Biologie

19. Monohybride kruisingen

Gegeven door:
Quirine Hakkaart
Beschrijving Begrippen

Met behulp van deze uitleg kom je alles te weten wat met monohybride kruisingen te maken heeft. Zo bespreken we de uitvoering en berekening van monohybride kruisingen en hebben we het over stambomen. Ook leggen we een aantal basisbegrippen uit. Wil je deze achteraf nog even rustig nalezen? Bekijk dan de begrippenlijst die onder de video geplaatst is. Je kunt na het bekijken van de uitlegvideo testen of je alles goed begrepen hebt door de examenvraag te maken. Ook deze vind je onder de video. Gebruik deze uitleg om te leren voor het examen biologie of voor SE’s.

Allel

Een bepaalde variant van een gen

Chromosomen

Draadvormige structuren in de celkern die de genetische informatie bevatten en bestaan uit DNA en eiwitten

Diploïde

Twee chromosomen sets per kern (cel).
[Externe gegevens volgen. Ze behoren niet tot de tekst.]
//! Closing a value, with all its ports.
ghost use Rattle.std.specs.Prelude.{◌≡◌, ℕ, ◌<◌, ◌∷◌, false, [], length, All, Contains, Some};
ghost use mathlib.Core.List.{IsPrefix};
ghost use Rattle.jh_turn.specs.Histories.{entries_of};

use super::{Port, Shared, VALUE};
use crate::rule::{Together, View};
use crate::turner::Turner;
use atomic_table::Seat;

impl<T: Turner> Shared<T> {
    ghost use Rattle.jh_turn.specs.Ports.{opened_value, all_callers, port_caller, seen_by, IsPortOf, AreAllPorts};
    ghost use Rattle.jh_turn.specs.Private.Closing.{HasCaller, HasHands, IsLast};

    /// Gives the value back. It takes all ports of this object, in any order.
    pub fn close(self, ports: Vec<Port<T>>) -> T
        requires { AreAllPorts self ports.items }
        ensures origin { T.origin result ≡ T.origin (opened_value self) }
        ensures begins { IsPrefix (T.history (opened_value self)) (T.history result) }
        ensures seen { All (λ p. IsPrefix (seen_by p) (T.history result)) ports.items }
        // Of each caller the history has the entries that its port has seen; of whoever is no caller, those of the
        // opened history.
        ensures own { All (λ p. entries_of T.whose (port_caller p) (T.history result) ≡ entries_of T.whose (port_caller p) (seen_by p)) ports.items }
        ensures no_others { (who : ℕ) → ¬ (Contains (all_callers self) who) → entries_of T.whose who (T.history result) ≡ entries_of T.whose who (T.history (opened_value self)) }
    {
        let seat = self.gather(ports);
        self.last_value(seat)
    }

    /// One seat with the hands of all ports.
    fn gather(&self, mut ports: Vec<Port<T>>) -> Seat<Option<Box<T>>, View<T, T::Entry>>
        requires own { All (IsPortOf self.now) ports.items }
        requires some { 0 < length ports.items }
        ensures own { result.table_id ≡ self.now.table.shared.table_id }
        ensures waits { result.me.0.holding ≡ false }
        ensures hands { HasHands result.me.0.hands ports.items }
    {
        let Some(last) = ports.pop() else {
            // there is a port
            unreachable!()
        };
        let mut all = last.into_seat();
        while let Some(port) = ports.pop() {
            let seat = port.into_seat();
            self.table.shared.join_seat::<Together>(&mut all, seat);
        }
        all
    }

    /// The value, once one seat has all callers' hands.
    fn last_value(self, seat: Seat<Option<Box<T>>, View<T, T::Entry>>) -> T
        requires own { seat.table_id ≡ self.table.shared.table_id }
        requires waits { seat.me.0.holding ≡ false }
        requires all { All (HasCaller seat.me.0.hands) (all_callers self) }
        ensures { IsLast T.whose T.origin T.history (opened_value self) (all_callers self) seat.me.0.hands result }
    {
        let Shared { table } = self;
        let mut closed = table.close_with(seat);
        let slot = closed.take(VALUE);
        closed.free();
        let Some(value) = slot else {
            // no caller holds the turn, so the value is at home
            unreachable!()
        };
        Box::into_inner(value)
    }
}

impl<T: Turner> Port<T> {
    ghost use Rattle.jh_turn.specs.Private.Rule.{hand};
    ghost use Rattle.jh_turn.specs.Private.Stages.{IsSameSeat};
    ghost use Rattle.jh_turn.specs.Ports.{port_caller, seen_by};

    /// The seat of the port, with its caller's one hand.
    fn into_seat(self) -> Seat<Option<Box<T>>, View<T, T::Entry>>
        ensures same { IsSameSeat self.seat result }
        ensures hand { result.me.0.hands ≡ hand (port_caller self) (seen_by self) ∷ [] }
        ensures waits { (result.me.0.holding ≡ false) × (result.me.1 ≡ []) }
    {
        let Self {
            seat,
            caller: _,
            seen: _,
        } = self;
        seat
    }
}
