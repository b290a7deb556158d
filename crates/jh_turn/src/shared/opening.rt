//! Opening a value, with a port for each caller.
ghost use Rattle.std.specs.Prelude.{◌≡◌, ◌≢◌, ◌<◌, ◌∷◌, [], length, Some, IfOk, IfErr, All, AllPairs, map, Box, drop, slice_index, vec_capacity};
ghost use Rattle.std.specs.Global.{Global};

use super::{FREE, Port, Shared};
use crate::rule::{FirstCaller, Opening, View};
use crate::turner::Turner;
use atomic_table::{Refused, Seat, Table};
use std::alloc::{AllocFailed, Global};
use std::snapshot::Snapshot;

/// The value in a box, as the one slot.
fn boxed<T>(alloc: Global, value: T) -> Result<Vec<Option<Box<T>>>, T>
    ensures ok { IfOk result (λ slots. (b : Box T Global) × (slots.items ≡ Some b ∷ []) × (b.value ≡ value)) }
    ensures err { IfErr result (λ v. v ≡ value) }
{
    let Ok(mut slots) = Vec::with_capacity(alloc, 1) else {
        return Err(value);
    };
    match Box::new(alloc, value) {
        Ok(boxed) => {
            slots.push_reserved(Some(boxed));
            Ok(slots)
        }
        Err(failed) => {
            slots.destroy_empty();
            let AllocFailed { value } = failed;
            Err(value)
        }
    }
}

/// The value out of the slot again.
fn unboxed<T>(mut slots: Vec<Option<Box<T>>>) -> T
    requires { (b : Box T Global) × (slots.items ≡ Some b ∷ []) }
    ensures { (b : Box T Global) → slots.items ≡ Some b ∷ [] → result ≡ b.value }
{
    let Some(slot) = slots.pop() else {
        // there is one slot
        unreachable!()
    };
    slots.destroy_empty();
    let Some(value) = slot else {
        // the value is in it
        unreachable!()
    };
    Box::into_inner(value)
}

impl<T: Turner> Shared<T> {
    ghost use Rattle.jh_turn.specs.Ports.{opened_value, port_caller, seen_by, AreAllPorts};
    ghost use Rattle.jh_turn.specs.Opened.{IsOpenedAs};
    ghost use Rattle.jh_turn.specs.Private.Dealing.{HasToGive, IsNewPort};

    /// Opens a value for these callers, with a port for each, in their order. It hands the value back for want of memory alone.
    pub fn open(alloc: Global, value: T, callers: &[u8]) -> Result<(Shared<T>, Vec<Port<T>>), T>
        requires some { 0 < length callers.now }
        requires differ { AllPairs (λ a b. a ≢ b) callers.now }
        requires served { All (λ who. T.serves (T.origin value) who) callers.now }
        ensures opened { IfOk result (λ r. IsOpenedAs value callers.now r.0) }
        ensures all { IfOk result (λ r. AreAllPorts r.0 r.1.items) }
        ensures callers { IfOk result (λ r. map port_caller r.1.items ≡ callers.now) }
        ensures seen { IfOk result (λ r. All (λ p. seen_by p ≡ T.history value) r.1.items) }
        ensures err { IfErr result (λ v. v ≡ value) }
    {
        let Ok(ports) = Vec::with_capacity(alloc, callers.len()) else {
            return Err(value);
        };
        let entries = value.length();
        let (shared, seat) = Shared::first_seat(alloc, value, callers, entries)?;
        let ports = shared.deal(seat, callers, entries, ports);
        Ok((shared, ports))
    }

    /// The table, with the seat that has every caller's hand.
    fn first_seat(
        alloc: Global,
        value: T,
        callers: &[u8],
        entries: u64,
    ) -> Result<(Shared<T>, Seat<Option<Box<T>>, View<T, T::Entry>>), T>
        requires some { 0 < length callers.now }
        requires served { All (λ who. T.serves (T.origin value) who) callers.now }
        requires counted { entries ≡ length (T.history value) }
        ensures opened { IfOk result (λ r. IsOpenedAs value callers.now r.0) }
        ensures seat { IfOk result (λ r. HasToGive (T.history value) callers.now r.0 r.1) }
        ensures err { IfErr result (λ v. v ≡ value) }
    {
        let Ok(callers) = Vec::from_slice(alloc, callers) else {
            return Err(value);
        };
        let opening = Opening {
            value: Snapshot::of(&value),
            callers,
        };
        let slots = boxed(alloc, value)?;
        match Table::new(alloc, &[FREE, entries], slots, &opening) {
            Ok((table, seat)) => Ok((Shared { table }, seat)),
            Err(Refused { slots }) => Err(unboxed(slots)),
        }
    }

    /// A port for each caller, in their order.
    fn deal(
        &self,
        mut seat: Seat<Option<Box<T>>, View<T, T::Entry>>,
        callers: &[u8],
        entries: u64,
        mut ports: Vec<Port<T>>,
    ) -> Vec<Port<T>>
        requires differ { AllPairs (λ a b. a ≢ b) callers.now }
        requires counted { entries ≡ length (T.history (opened_value self.now)) }
        requires seat { HasToGive (T.history (opened_value self.now)) callers.now self.now seat }
        requires none { ports.items ≡ [] }
        requires room { vec_capacity ports ≡ length callers.now }
        ensures ports { All (IsNewPort (T.history (opened_value self.now)) self.now) result.items }
        ensures callers { map port_caller result.items ≡ callers.now }
    {
        for i in 0..callers.len() {
            ports.push_reserved(self.next_port(&mut seat, &callers[i..], entries));
        }
        ports
    }

    /// The port of the first caller that is left.
    fn next_port(
        &self,
        seat: &mut Seat<Option<Box<T>>, View<T, T::Entry>>,
        left: &[u8],
        entries: u64,
    ) -> Port<T>
        requires some { 0 < length left.now }
        requires differ { AllPairs (λ a b. a ≢ b) left.now }
        requires counted { entries ≡ length (T.history (opened_value self.now)) }
        requires seat { HasToGive (T.history (opened_value self.now)) left.now self.now seat.old }
        ensures port { IsNewPort (T.history (opened_value self.now)) self.now result }
        ensures caller { port_caller result ≡ slice_index left.now 0 }
        ensures seat { HasToGive (T.history (opened_value self.now)) (drop 1 left.now) self.now seat.new }
    {
        let seat = self.table.shared.split_seat::<FirstCaller>(seat);
        Port {
            seat,
            caller: left[0],
            seen: entries,
        }
    }
}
Elk stel chromosomen komt van één ouder

DNA

Bevat de erfelijke informatie van een organisme.

Dominant

Wanneer er maar één van de allelen tot uiting komt, is dat allel dominant (bij een heterozygoot organisme)

Fenotype

De waarneembare eigenschappen van een individu

Genotype

De erfelijke informatie in het DNA

Haploïde

Met een enkel stel chromosomen per kern (bijvoorbeeld geslachtscellen)

Heterozygoot

Een organisme is heterozygoot voor een bepaalde eigenschap wanneer deze wordt vertegenwoordigd door twee verschillende allelen

Homozygoot

Een organisme is homozygoot voor een bepaalde eigenschap wanneer deze wordt vertegenwoordigd door twee dezelfde allelen

C1. Van generatie op generatie

C2. Erfelijkheid en evolutie

Monohybride kruisingen hebben te maken met erfelijkheid. Hierbij kijk je naar welke versies van een gen, ook wel allelen genoemd, er in een individu aanwezig zijn, en welke van deze allelen tot uiting komen in een individu. Ook kun je met monohybride kruisingen de kans berekenen dat een nakomeling van twee ouders, een bepaalde combinatie van allelen heeft.


Allelen

De cellen in je lichaam bevatten van ieder chromosoom twee versies. Dat betekent dus ook dat er van iedere eigenschap, of ook wel ieder gen, twee versies in een lichaamscel aanwezig zijn. Die versies noem je allelen. Dit kunnen dezelfde allelen zijn, dan noem je iemand homozygoot voor een bepaalde eigenschap. Of het zijn twee verschillende allelen, dan noem je iemand heterozygoot voor een bepaalde eigenschap. De allelen die van ieder gen in je lichaamscellen aanwezig zijn noem je je genotype. Maar, hoe kom je dan van al die genetische informatie naar dat wat je aan de buitenkant van iemands lichaam ziet? Dat wat tot uiting komt in ieders lichaam, noem je het fenotype, en hangt af van welke allelen in de lichaamscellen aanwezig zijn.


Dominante en recessieve allelen

Bij een gen waarbij de allelen heterozygoot zijn, komt er vaak maar één tot uiting in het fenotype. De vraag is dan hoe wordt bepaald welke dat is. Dit heeft te maken met dat sommige allelen als het ware de baas zijn over andere allelen. Het allel dat de baas is, noem je dan het dominante allel. Het allel dat niet tot uiting komt, omdat het als het ware niet de baas is, noem je het recessieve allel.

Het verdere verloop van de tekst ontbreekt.